Trying going to jars right now and re-check them 24 hours later. the moisture from the inside should start to condense and be re-absorbed in to the outer part of the buds. If you don't notice a difference after 24-48 hours you'll have to add something to the jars. Either fresh leaves and stems or a lemon or lime peel. But since they are crumbling that leads me to believe that it's just eh outside that dry.


----------



## supdro (Oct 30, 2008)

well I move too fast since i didn't get the answer i was looking for, so I added bread. It made my bud soft again. My next question is how long do you leave your jars open daily to cure?


----------



## KiloBit (Oct 31, 2008)

supdro said:


> they are brittle. they don't crumble to pieces but they are still very sticky. I want them to be moist to where i can use in a joint or pipe.


Mine are exactly the same. But man they feck me up.


----------



## KiloBit (Oct 31, 2008)

Roxistar , at what point does the curing stop. I mean, if I continue to keep them in the glass jars for say another month, would they get even better? Or is there a saturation point? Thanks bro. They've been in there a good 23 days.


----------



## roxistar (Nov 1, 2008)

KiloBit said:


> Roxistar , at what point does the curing stop. I mean, if I continue to keep them in the glass jars for say another month, would they get even better? Or is there a saturation point? Thanks bro. They've been in there a good 23 days.


 
I've heard of people letting them cure for up to 6 months. The cure stops and turns into simple storage when the buds have reached the point when the chemical reaction that occurs during curing stops. That is once the buds are "dry" the chemical process ceases; at this point you buds should still contain 10-15% moisture which is about 2-4% of it's intial water. The time period it takes to reach that point is variable. That info is courtesy of a book called "Marijuana Chemistry", I believe. It's hard to remember which books I read what in, LOL damn short term memory


----------



## KiloBit (Nov 2, 2008)

Just want to express my thanks. I am really glad I came across your thread during my harvest. No doubt, it was an excellent source of information, well written (not too techie) and best of all right on the fecking money.

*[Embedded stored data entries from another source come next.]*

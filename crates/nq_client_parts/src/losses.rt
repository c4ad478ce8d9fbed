//! Losses that no answer named yet.

ghost use Rattle.std.specs.Prelude.{◌≡◌, ◌++◌, ◌∷◌, ◌↔◌, [], filter, map, IfOk, OnOk, IsTrue};
ghost use Rattle.nq_model.specs.protocol.Client.{add_losses, losses_of, other_losses, span_of};
ghost use Rattle.nq_model.specs.protocol.ClientStep.{changed_file, losses_for};
ghost use Rattle.nq_client_parts.specs.Lost.{Loses, is_beside};

use crate::calls::changed_file;
use nq_base::{Call, FileId, Loss, Losses, NoMemory, Span, Spans};
use std::alloc::Global;
use std::marker::Model;

/// Losses that no answer named yet, in order of files; those of a file stand in the order in which they were found.
/// Clauses see them, and for how many more there is room.
#[derive(Drop)]
pub struct Unreported {
    losses: Vec<Loss>,
}

impl Model for Unreported {
    ghost use Rattle.std.specs.Prelude.{◌-◌, vec_len, vec_capacity};
    ghost use Rattle.nq_base.specs.Lists.{LossList};

    ghost Value = { LossList };

    ghost view = { λ l. record { items = l.losses.items; spare = vec_capacity l.losses - vec_len l.losses } };
}

impl Unreported {
    /// No losses. It takes no memory.
    pub fn new(alloc: Global) -> Unreported
        ensures { result.items ≡ [] }
    {
        Unreported {
            losses: Vec::new(alloc),
        }
    }

    /// The losses that a call is told before anything else: those of the file that it changes or syncs, if it does.
    pub fn named_for(&self, alloc: Global, call: &Call) -> Result<Named, NoMemory>
        ensures { IfOk result (λ n. n ≡ losses_for (changed_file call.now) self.now.items) }
    {
        match changed_file(call) {
            Some(file) => named_of(alloc, &self.losses, file),
            None => Ok(Named {
                losses: Losses::new(alloc).unwrap(),
                spans: Spans::new(alloc).unwrap(),
            }),
        }
    }

    /// Makes what the loss of newly found delayed writes of a file needs.
    pub fn losing(&self, alloc: Global, file: FileId, found: Losses) -> Result<Losing, NoMemory>
        ensures { IfOk result (λ l. Loses l file found.items self.now.items) }
    {
        let after = self.with(alloc, file, &found)?;
        let told = named_of(alloc, &after.losses, file)?;
        Ok(Losing { found, after, told })
    }

    /// These losses with newly found ones of a file, which go behind those of this file that are there.
    fn with(&self, alloc: Global, file: FileId, found: &Losses) -> Result<Unreported, NoMemory>
        ensures { IfOk result (λ l. l.items ≡ add_losses file found.now.items self.now.items) }
    {
        let mut losses = Vec::new(alloc);
        copy_side(&self.losses, file, false, &mut losses)?;
        copy_all(found, &mut losses)?;
        copy_side(&self.losses, file, true, &mut losses)?;
        Ok(Unreported { losses })
    }

    /// Forgets the losses of a file.
    pub fn forget(&mut self, file: FileId)
        ensures { self.new.items ≡ other_losses file self.old.items }
    {
        drop_of(&mut self.losses, file);
    }
}

/// Losses as an answer and as a journal name them. Clauses see the losses.
#[derive(Drop)]
pub struct Named {
    losses: Losses,
    spans: Spans,
}

impl Model for Named {
    ghost use Rattle.std.specs.Prelude.{◌≡◌, List, map};
    ghost use Rattle.nq_base.specs.declared.Loss.{Loss};
    ghost use Rattle.nq_model.specs.protocol.Client.{span_of};

    ghost Value = { List Loss };

    ghost view = { λ n. n.losses.items };

    ghost invariant = { λ n. n.spans.items ≡ map span_of n.losses.items };
}

impl Named {
    /// Whether there are none.
    pub fn is_empty(&self) -> bool
        ensures { IsTrue result ↔ (self.now ≡ []) }
    {
        self.losses.is_empty()
    }

    /// The answer that names them, and how a journal tells it.
    pub fn told(self) -> (Losses, Spans)
        ensures losses { result.0.items ≡ self }
        ensures spans { result.1.items ≡ map span_of self }
    {
        let Named { losses, spans } = self;
        (losses, spans)
    }
}

/// What the loss of delayed writes of a file needs, made before anything changes.
#[derive(Drop)]
pub struct Losing {
    /// What is lost.
    pub found: Losses,
    /// What is unreported then.
    pub after: Unreported,
    /// What a call that waits is told.
    pub told: Named,
}

/// Drops the losses of a file.
fn drop_of(losses: &mut Vec<Loss>, file: FileId)
    ensures { losses.new.items ≡ other_losses file losses.old.items }
{
    losses.retain(|loss| loss.file != file);
}

/// The losses of a file, as an answer and as a journal name them.
#[tactic(auto, using(std::proofs::lemmas::List::Elements::filter_more, std::proofs::lemmas::List::map_push))]
fn named_of(alloc: Global, losses: &[Loss], file: FileId) -> Result<Named, NoMemory>
    ensures { IfOk result (λ n. n ≡ losses_of file losses.now) }
{
    let mut of_file = Losses::new(alloc).unwrap();
    let mut spans = Spans::new(alloc).unwrap();
    for loss in losses {
        if loss.file == file {
            of_file.push(*loss)?;
            spans.push(Span {
                block: loss.block,
                first: loss.first,
                last: loss.last,
            })?;
        }
    }
    Ok(Named {
        losses: of_file,
        spans,
    })
}

/// Adds a loss to others.
fn push(losses: &mut Vec<Loss>, loss: Loss) -> Result<(), NoMemory>
    ensures { OnOk result (losses.new.items ≡ losses.old.items ++ loss ∷ []) }
{
    losses.push(loss)?;
    Ok(())
}

/// Whether a loss is of a later file, or of this or an earlier one.
fn is_beside(loss: &Loss, file: FileId, past: bool) -> bool
    ensures { result ≡ is_beside past file loss.now }
{
    let early = loss.file <= file;
    if past { !early } else { early }
}

/// Adds the losses of later files, or those of a file and of earlier ones, to others.
#[tactic(auto, using(std::proofs::lemmas::List::Elements::filter_more))]
fn copy_side(
    losses: &[Loss],
    file: FileId,
    past: bool,
    into: &mut Vec<Loss>,
) -> Result<(), NoMemory>
    ensures { OnOk result (into.new.items ≡ into.old.items ++ filter (is_beside past file) losses.now) }
{
    for loss in losses {
        if is_beside(loss, file, past) {
            push(into, *loss)?;
        }
    }
    Ok(())
}

/// Adds losses to others.
#[tactic(auto, using(crate::proofs::Found::taken_more))]
fn copy_all(losses: &Losses, into: &mut Vec<Loss>) -> Result<(), NoMemory>
    ensures { OnOk result (into.new.items ≡ into.old.items ++ losses.now.items) }
{
    for place in 0..losses.len() {
        let loss = losses.get(place).unwrap();
        push(into, loss)?;
    }
    Ok(())
}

My shit rocks, is outrageous, bad ass, and many other accolades thanks to you.


----------



## Budda_Luva (Nov 4, 2008)

ok ive heard that any longetr thaN 3 months of curing theys hould go straight to the freezer


----------



## Agent007 (Nov 7, 2008)

Excellent thread Rep+

Just harvesting my first plant that was female but went hermie last few days. Leaving a few branches with minimal/no male flowers to get more female nugs. Good smelling buds with many hairs (many amber).

Your great tute & pics helps me now. Thanks heaps. Just been hanging first 2 branches one day. I will date tag them so I know what stage each on is at. As I'm trimming the plant down slowly as nutes were given 3 days ago & flushed yesterday. male flowers came up damn quick 

PS Must get me some bags & glass jars too


----------



## Land of the Free? (Nov 8, 2008)

Nice post very informative and simply put. I will be harvesting hopefully in 3 days so this will come in handy. I read the entire post...breath...breath..wheew, visine lol, so I won't have to give you a repeat question like so many others. I will probably have to use the paper bag method due to thick colas, and thats a good thing. : )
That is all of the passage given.